Zona di produzione del vino aglianico e caratteristiche del vitigno

Abbiamo raggruppato questi due argomenti in un unico paragrafo perché caratteristiche di un vino e zona di coltivazione dialogano tra loro, ancor di più nel caso di un vitigno impiantato anche a centinaia di chilometri di distanza.

Per esempio, in Campania l’aglianico occupa quasi 7.000 ettari di vigneti, conquistando il 28% del totale dei terreni destinati alla vite e il primato tra i vitigni autoctoni a bacca rossa (o nera). A proposito della bacca, incontriamo acini medio-piccoli, dalla forma sferoidale, con una buccia sulle tonalità tra il blu scuro e il nero, la cui pruina abbondante rende meno intensa la penetrazione dei raggi ultravioletti.

Il grappolo si presenta compatto e lungo, dalla forma triangolare, e termina la sua maturazione orientativamente nella seconda metà di ottobre, periodo variabile in base alle condizioni meteorologiche dei mesi precedenti e alla posizione dei vigneti, spesso in collina con una buona esposizione al sole e al vento.

La raccolta delle uve è tardiva — considerando che per altri vitigni inizia già nelle prime settimane di agosto — ed è frutto di una tecnica enologica avanzata: avviene quando il rapporto tra la percentuale di zuccheri e di acidi corrisponde alle aspettative dell’enologo. In Irpinia, per esempio, la raccolta dell’Aglianico si spinge anche fino all’inizio di novembre, così come previsto anche dal disciplinare della D.O.C. Aglianico del Vulture in Basilicata. La Puglia e il Molise chiudono il cerchio delle zone di coltivazione del vitigno, con tecniche di coltivazione, raccolta e pigiatura simili.

Quanti tipi di Aglianico esistono

La pianta madre di aglianico è condivisa da più areali, situati nelle regioni sopra citate. Ciò è possibile grazie a una moltiplicazione vegetativa della vite, che non prevede impollinazione, come può accadere per altri alberi o piante da frutto.

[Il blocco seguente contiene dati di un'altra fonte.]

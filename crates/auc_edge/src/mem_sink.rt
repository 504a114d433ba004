//! Outputs in memory.

ghost use Rattle.std.specs.Prelude.{◌≡◌, ◌≤◌, ◌<◌, ◌⊎◌, ◌++◌, [], ◌∷◌, length, take, Some, IfOk, OnOk, OnErr, IsTrue, IsErr};
ghost use Rattle.auc_memory.specs.Faults.{Rose, raised};
ghost use Rattle.auc_edge.specs.Sink.{Appends};
ghost use Rattle.auc_edge.specs.MemSink.{is_failing, after_write, after_fault};

use crate::sink::Sink;
use auc_memory::{Failed, NoMemory, Octets};
use std::alloc::Global;
use std::marker::Model;

/// An output that is kept in memory. A write takes all its bytes, or fails: if it was told to, or if
/// memory runs out.
#[derive(Drop)]
pub struct MemSink {
    written: Octets,
    faults: u64,
    writes: u64,
    failing: Vec<u64>,
}

impl Model for MemSink {
    ghost use Rattle.auc_edge.specs.MemSink.{SinkState};

    ghost Value = { SinkState };

    ghost view = { λ s. record { written = s.written; faults = s.faults; writes = s.writes; failing = s.failing.items } };
}

impl MemSink {
    /// An empty output, whose writes succeed while there is memory.
    pub fn new(alloc: Global) -> MemSink
        ensures { result ≡ record { written = []; faults = 0; writes = 0; failing = [] } }
    {
        MemSink {
            written: Octets::new(alloc),
            faults: 0,
            writes: 0,
            failing: Vec::new(alloc),
        }
    }

    /// Makes a write fail, by its place among all writes, the first being 1. If memory runs out, nothing
    /// changes.
    pub fn fail(&mut self, ordinal: u64) -> Result<(), NoMemory>
        ensures told { OnOk result (self.new ≡ record self.old { failing = self.old.failing ++ ordinal ∷ [] }) }
        ensures kept { OnErr result (self.new ≡ self.old) }
    {
        self.failing.push(ordinal)?;
        Ok(())
    }

    /// What was written.
    pub fn as_slice(&self) -> &[u8]
        ensures { result.now ≡ self.now.written }
    {
        self.written.as_slice()
    }

    // Whether the next write is to fail.
    fn is_failing(&self) -> bool
        ensures { result ≡ is_failing self.now }
    {
        self.failing.contains(&self.writes.saturating_add(1))
    }
}

impl Sink for MemSink {
    ghost written = { λ s. Some s.written };

    ghost faults = { λ s. s.faults };

    fn write(&mut self, bytes: &[u8]) -> Result<usize, Failed>
        ensures bound { IfOk result (λ count. count ≤ length bytes.now) }
        ensures taken { IfOk result (λ count. Appends (Some self.old.written) (Some self.new.written)
            (take count bytes.now)) }
        ensures untouched { OnErr result (Appends (Some self.old.written) (Some self.new.written) []) }
        ensures later { self.old.faults ≤ self.new.faults }
        ensures failed { OnErr result (Rose self.old.faults self.new.faults) }
        ensures stuck { IfOk result (λ count. count ≡ 0 → 0 < length bytes.now
            → Rose self.old.faults self.new.faults) }
        ensures quiet { IfOk result (λ count. (0 < count) ⊎ (length bytes.now ≡ 0)
            → self.new.faults ≡ self.old.faults) }

        // It takes all or fails, and fails if it was told to.
        ensures whole { IfOk result (λ count. count ≡ length bytes.now) }
        ensures told { IsTrue (is_failing self.old) → IsErr result }
        ensures written { OnOk result (self.new ≡ after_write self.old bytes.now) }
        ensures fault { OnErr result (self.new ≡ after_fault self.old) }
    {
        let fails = self.is_failing();
        self.writes = self.writes.saturating_add(1);
        if fails || self.written.append(bytes).is_err() {
            self.faults = self.faults.saturating_add(1);
            return Err(Failed);
        }
        Ok(bytes.len())
    }
}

I caratteri ampelografici dell’Aglianico sono perciò molto simili e vengono declinati in bottiglia grazie alle tecniche enologiche di ogni cantina. Perciò dall’aglianico vitigno derivano l’Aglianico del Taburno D.O.C.G. prodotto in provincia di Benevento, il Taurasi D.O.C.G. prodotto in circoscritti comuni dell’Irpinia e l’Aglianico del Vulture D.O.C.G. prodotto in Basilicata. A questi si aggiunge l’Irpinia Aglianico D.O.C., meno conosciuto degli altri e di cui vogliamo parlarvi meglio.

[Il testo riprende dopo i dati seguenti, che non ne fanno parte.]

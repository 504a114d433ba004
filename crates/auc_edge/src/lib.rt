//! The outside of the authentication centre.
//!
//! A [`Shelf`] is a set of files that is read, a [`Sink`] an output that is written. Contracts see a
//! count of faults, and the contents if the object reveals them: a call fails only if the object's count
//! rose. [`MemShelf`] and [`MemSink`] reveal everything; [`FileShelf`] and [`StdSink`], the real ones,
//! no content. The layers above call [`read_all`] and [`write_whole`]. No file gets the place of a standard stream
//! ([`fill_standard_streams`]).
//!
//! The small types of `auc_memory`, and what `auc_streams` does for the standard streams, are found here too.
//!
//! A [`Gate`] is told which jobs of a round begin and end. It means nothing to a contract: [`OpenGate`] holds nobody, and
//! at a [`TurnGate`] two jobs wait for each other, which is how a test sees that they are served at the same time. Nothing
//! else here waits for another thread. The tests stand in `auc_disk_tests`.
#![tactic(auto)]

mod file_shelf;
mod gate;
mod mem_shelf;
mod mem_sink;
mod read_refusal;
mod reading;
mod shelf;
mod sink;
mod std_sink;
mod writing;

pub use auc_memory::{Failed, IdentityKey, Imsi, Items, NoMemory, Octets, Places, Room, Stop};
pub use auc_streams::{above_standard_streams, fill_standard_streams};
pub use file_shelf::FileShelf;
pub use gate::{Gate, OpenGate, TurnGate};
pub use mem_shelf::MemShelf;
pub use mem_sink::MemSink;
pub use read_refusal::ReadRefusal;
pub use reading::read_all;
pub use shelf::Shelf;
pub use sink::Sink;
pub use std_sink::StdSink;
pub use writing::write_whole;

Irpinia Aglianico D.O.C.: le caratteristiche del vino campano

L’Irpinia Aglianico è un vino campano doc tra i meno conosciuti, almeno fino a qualche anno fa. Oggi è facilmente acquistabile non solo nella regione, ma anche nelle enoteche italiane ed estere, proprio come accade per tanti blasonati vini piemontesi, veneti o toscani.

Un esemplare davvero ben riuscito è l’Irpinia Aglianico D.O.C. di Tenuta del Meriggio. Il suo profumo si riconosce subito al naso: emana immediatamente sentori di frutti di bosco, come mirtilli e lamponi, riempiendo la bocca con il suo retrogusto lievemente tannico.

Lo abbiamo provato in abbinamento a un primo al ragù di carne, accompagnato da una bistecca di vitello ai ferri e patate al forno. Al palato è risultato fresco e sapido e ci ha stupito il suo colore rosso intenso, simile al rubino dei vini invecchiati in botte per diversi mesi. Da provare, anche l’aglianico Taurasi D.O.C.G. premiato al Decanter World Wine Awards del 2021.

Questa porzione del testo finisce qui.